The woman slips the fruit into her mouth.

‘Of course,’ says the waiter, smiling. The red splodge on the pocket of his shirt is the hotel’s logo: a mermaid sitting sadly on a rock. ‘Another beer, sir?’

Everyone smiles.

The budgie-smuggler shakes his head. ‘This boy,’ he says, ‘he’s been standing there for the last five minutes. Hasn’t said a thing.’

‘I see,’ the waiter says.

A crucifix hangs at the waiter’s neck. His nose is long and straight, like a statue’s.

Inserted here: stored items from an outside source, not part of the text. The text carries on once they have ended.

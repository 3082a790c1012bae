// Laws of Intel HEX, read and written: nothing that runs.
#![tactic(auto)]
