// The check of a rule: a line for each instruction that is not in plain spelling, and then how many are, into a lent buffer.
ghost use Rattle.std.specs.Prelude.{◌+◌, ◌^◌, ◌<◌, ◌≤◌, ◌++◌, ◌≡◌, IfOk, length, drop};
ghost use Rattle.fields.specs.Written.{told};
ghost use Rattle.text.specs.Lines.{lined};
ghost use Rattle.finding.specs.Found.{plain_in};
ghost use Rattle.finding.specs.Line.{lines_of};
ghost use Rattle.finding.specs.Standing.{said_by};
ghost use Rattle.spelling.specs.Check.{check_of, counts_of, found};
ghost use Rattle.spelling.specs.Numbers.{check_number};

use fields::lay::lay;
use finding::finding::Standing;
use finding::findings::Findings;
use text::line::Line;

// Why there is no text: the rule's length, or the room that the text needs.
#[derive(Clone, Copy, PartialEq, Eq, Debug)]
pub enum CheckRefusal {
    TooLong(usize),
    NoRoom(usize),
}

// The length of the text. It is measured before it is written, so that a buffer without room stays as it was.
pub fn check(rule: &[u8], buffer: &mut [u8]) -> Result<usize, CheckRefusal>
    ensures value { told (check_number result) buffer.new ≡ check_of rule.now buffer.old }
    ensures bound { IfOk result (λ n. n ≤ length buffer.new) }
{
    if rule.len() > 256 {
        return Err(CheckRefusal::TooLong(rule.len()));
    }
    let tally = Tally::of(rule);
    let last = counts(tally.plain, tally.instructions);
    let needed = tally.lines + last.length;
    if buffer.len() < needed {
        return Err(CheckRefusal::NoRoom(needed));
    }
    write_lines(rule, buffer);
    lay(buffer, tally.lines, last.as_bytes());
    Ok(needed)
}

// How long all lines but the last are, how many instructions there are, and how many in plain spelling.
#[derive(Clone, Copy)]
struct Tally {
    lines: usize,
    instructions: usize,
    plain: usize,
}

impl Tally {
    fn of(rule: &[u8]) -> Tally
        requires { length rule.now ≤ 256 }
        ensures lines_value { result.lines ≡ length (lines_of (found rule.now)) }
        ensures instructions_value { result.instructions ≡ length (found rule.now) }
        ensures plain_value { result.plain ≡ plain_in (found rule.now) }
    {
        let mut tally = Tally {
            lines: 0,
            instructions: 0,
            plain: 0,
        };
        for standing in Findings::of(rule) {
            tally = tally.with(standing);
        }
        tally
    }

    // And what stands at one more place.
    fn with(self, standing: Standing) -> Tally
        requires lines_fit { self.lines + length (said_by standing).text < 2 ^ 64 }
        requires instructions_fit { self.instructions + (said_by standing).instructions < 2 ^ 64 }
        requires plain_fit { self.plain + (said_by standing).plain < 2 ^ 64 }
        ensures lines_value { result.lines ≡ self.lines + length (said_by standing).text }
        ensures instructions_value { result.instructions ≡ self.instructions + (said_by standing).instructions }
        ensures plain_value { result.plain ≡ self.plain + (said_by standing).plain }
    {
        match standing {
            Standing::Alone => self,
            Standing::Plain => Tally {
                instructions: self.instructions + 1,
                plain: self.plain + 1,
                ..self
            },
            Standing::Unplain(line) => Tally {
                lines: self.lines + line.as_bytes().len(),
                instructions: self.instructions + 1,
                ..self
            },
        }
    }
}

// The last line.
#[tactic(auto, using(text::proofs::LineLaws::appended_twice), unfolding(crate::specs::Check::counts_of))]
fn counts(plain: usize, instructions: usize) -> Line
    ensures { result ≡ lined (counts_of plain instructions) }
{
    Line::empty()
        .text(b"plain ")
        .decimal(plain)
        .text(b" of ")
        .decimal(instructions)
        .text(b"\n")
}

// All lines but the last.
fn write_lines(rule: &[u8], buffer: &mut [u8])
    requires rule_len_bound { length rule.now ≤ 256 }
    requires rule_in_bounds { length (lines_of (found rule.now)) ≤ length buffer.old }
    ensures { buffer.new ≡ lines_of (found rule.now) ++ drop (length (lines_of (found rule.now))) buffer.old }
{
    let mut place = 0;
    for standing in Findings::of(rule) {
        if let Standing::Unplain(line) = standing {
            let text = line.as_bytes();
            lay(buffer, place, text);
            place += text.len();
        }
    }
}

He is tall and strong and has very white teeth but his eyes are too close together. ‘Hey lil’ man,’ he says, walking over, smiling so wide the creases reach his ears. ‘You looking for your mother? You want me to try and call her?’

Jackson squints. Sweat pours down his forehead and stings his eyes. ‘She doesn’t have a phone,’ he says. ‘People call her all the time and she hates it. I went to tell Frank, but he’s playing with a monkey.’

The waiter frowns and sticks his lower lip out. ‘There’s no monkeys here.’

Jackson explains about the crèche.

‘Ahhhhh, sea sea sea – your baby brother! I remember now.’ Spanish people love the sea, they say it all the time. ‘Well, let me think.’ The waiter taps his chin with a finger. ‘Ah, I saw your father this morning. He bought a snorkel from Reception.’

Jackson nods. ‘That was before.’

When the waiter squats beside him, the muscles on his lower legs bulge. He smells of lemon peel, soap, and sweat.

‘Why don’t you come with me,’ the waiter says. ‘We’re gonna do a search. I’m sure she’s not far.’